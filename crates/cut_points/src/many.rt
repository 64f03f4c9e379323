//! The cuts of many ranges together.
ghost use Rattle.std.specs.Prelude.{◌≡◌, ℤ, [], ◌∷◌, ◌++◌, map, Some, IfOk, OnOk};
ghost use Rattle.std.specs.Iterator.Adapters.{once_item};
ghost use Rattle.std.specs.List.{AllByRecursion};
ghost use Rattle.std.specs.Ordering.{int_cmp};
ghost use Rattle.ordered_lists.specs.Lists.{has};
ghost use Rattle.ordered_lists.specs.Multiway.{IsMultiwayUnion};
ghost use Rattle.range_map.specs.Range.{in_numbers};
ghost use Rattle.range_map.specs.Set.{all_in_numbers};
ghost use Rattle.range_map.specs.Sweep.{numbers_of};
ghost use Rattle.cut_points.specs.Cuts.{IsAscending, cuts as list_cuts, cuts_alone};

use crate::convert::{are_values, push_cut};
use element_core::{Element, NoMemory};
use range_map::Range;
use sorted_iter::multiway_union;
use sorted_vector_set::SortedVectorSet;
use std::alloc::Global;
use std::iter::{Once, once};

// Puts the cuts of a range behind those listed.
fn push_cuts_of<T: Element>(list: &mut Vec<T>, range: Range<T>) -> Result<(), NoMemory>
    ensures { OnOk result (numbers_of T.numbers list.new.items
        ≡ numbers_of T.numbers list.old.items
        ++ list_cuts T.numbers.greatest (in_numbers T.numbers range ∷ [])) }
{
    match range.end().successor() {
        Some(after) => {
            list.push(range.start())?;
            list.push(after)?;
            Ok(())
        }
        None => {
            list.push(range.start())?;
            Ok(())
        }
    }
}

// The cuts of each range taken alone, range by range.
fn cuts_of_each<T: Element>(alloc: Global, ranges: &[Range<T>]) -> Result<Vec<T>, NoMemory>
    ensures { IfOk result (λ list. numbers_of T.numbers list.items
        ≡ cuts_alone T.numbers.greatest (all_in_numbers T.numbers ranges.now)) }
{
    let mut list = Vec::with_capacity(alloc, ranges.len().saturating_mul(2))?;
    for range in ranges {
        push_cuts_of(&mut list, *range)?;
    }
    Ok(list)
}

// A stream of each value alone.
fn streams_of<T: Element>(alloc: Global, values: &[T]) -> Result<Vec<Once<T>>, NoMemory>
    ensures { IfOk result (λ streams. map once_item streams.items
        ≡ map (λ value. Some value) values.now) }
{
    let mut streams = Vec::with_capacity(alloc, values.len())?;
    for value in values {
        streams.push(once(*value))?;
    }
    Ok(streams)
}

// Each of the values once, ascending.
fn union_of<T: Element>(alloc: Global, values: &[T]) -> Result<Vec<T>, NoMemory>
    ensures { IfOk result (λ all.
        IsMultiwayUnion T.cmp (map (λ value. value ∷ []) values.now) all.items) }
{
    let streams = streams_of(alloc, values)?;
    Ok(multiway_union(alloc, streams)?.collect(alloc)?)
}

// The set of values that ascend.
fn set_of_values<T: Element>(alloc: Global, values: &[T]) -> Result<SortedVectorSet<T>, NoMemory>
    requires { IsAscending T.numbers.least T.numbers.greatest (numbers_of T.numbers values.now) }
    ensures numbers { IfOk result (λ set.
        numbers_of T.numbers set.items ≡ numbers_of T.numbers values.now) }
    ensures values { IfOk result (λ set. AllByRecursion T.numbers.IsValue set.items) }
{
    let mut set = SortedVectorSet::with_capacity(alloc, values.len())?;
    for value in values {
        push_cut(&mut set, *value)?;
    }
    Ok(set)
}

/// Returns the values that are a cut of at least one of the ranges taken alone, ascending, each
/// once.
///
/// A range taken alone has its start as a cut, and the value behind its end where the type has one.
/// So 1..=5, 4..=8 and 6..=MAX have the cuts 1, 4, 6 and 9, and no range has none. It is the union
/// of the streams of these cuts, in O(n log n) for n ranges. It takes memory, and is refused where
/// there is none.
pub fn all_cuts<T: Element>(
    alloc: Global,
    ranges: &[Range<T>],
) -> Result<SortedVectorSet<T>, NoMemory>
    ensures members { IfOk result (λ found. (x : ℤ)
        → has int_cmp (numbers_of T.numbers found.items) x ≡ has int_cmp
        (cuts_alone T.numbers.greatest (all_in_numbers T.numbers ranges.now)) x) }
    ensures ascending { IfOk result (λ found.
        IsAscending T.numbers.least T.numbers.greatest (numbers_of T.numbers found.items)) }
    ensures values { IfOk result (λ found. AllByRecursion T.numbers.IsValue found.items) }
{
    let each = cuts_of_each(alloc, ranges)?;
    let all = union_of(alloc, &each)?;
    are_values(&each);
    are_values(&all);
    let found = set_of_values(alloc, &all)?;
    Ok(found)
}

========

ACTIVITY
Look over the records above and filter for each line with the word "ensures".

SOLUTION
    ensures { OnOk result (numbers_of T.numbers list.new.items
    ensures { IfOk result (λ list. numbers_of T.numbers list.items
    ensures { IfOk result (λ streams. map once_item streams.items
    ensures { IfOk result (λ all.
    ensures numbers { IfOk result (λ set.
    ensures values { IfOk result (λ set. AllByRecursion T.numbers.IsValue set.items) }
    ensures members { IfOk result (λ found. (x : ℤ)
    ensures ascending { IfOk result (λ found.
    ensures values { IfOk result (λ found. AllByRecursion T.numbers.IsValue found.items) }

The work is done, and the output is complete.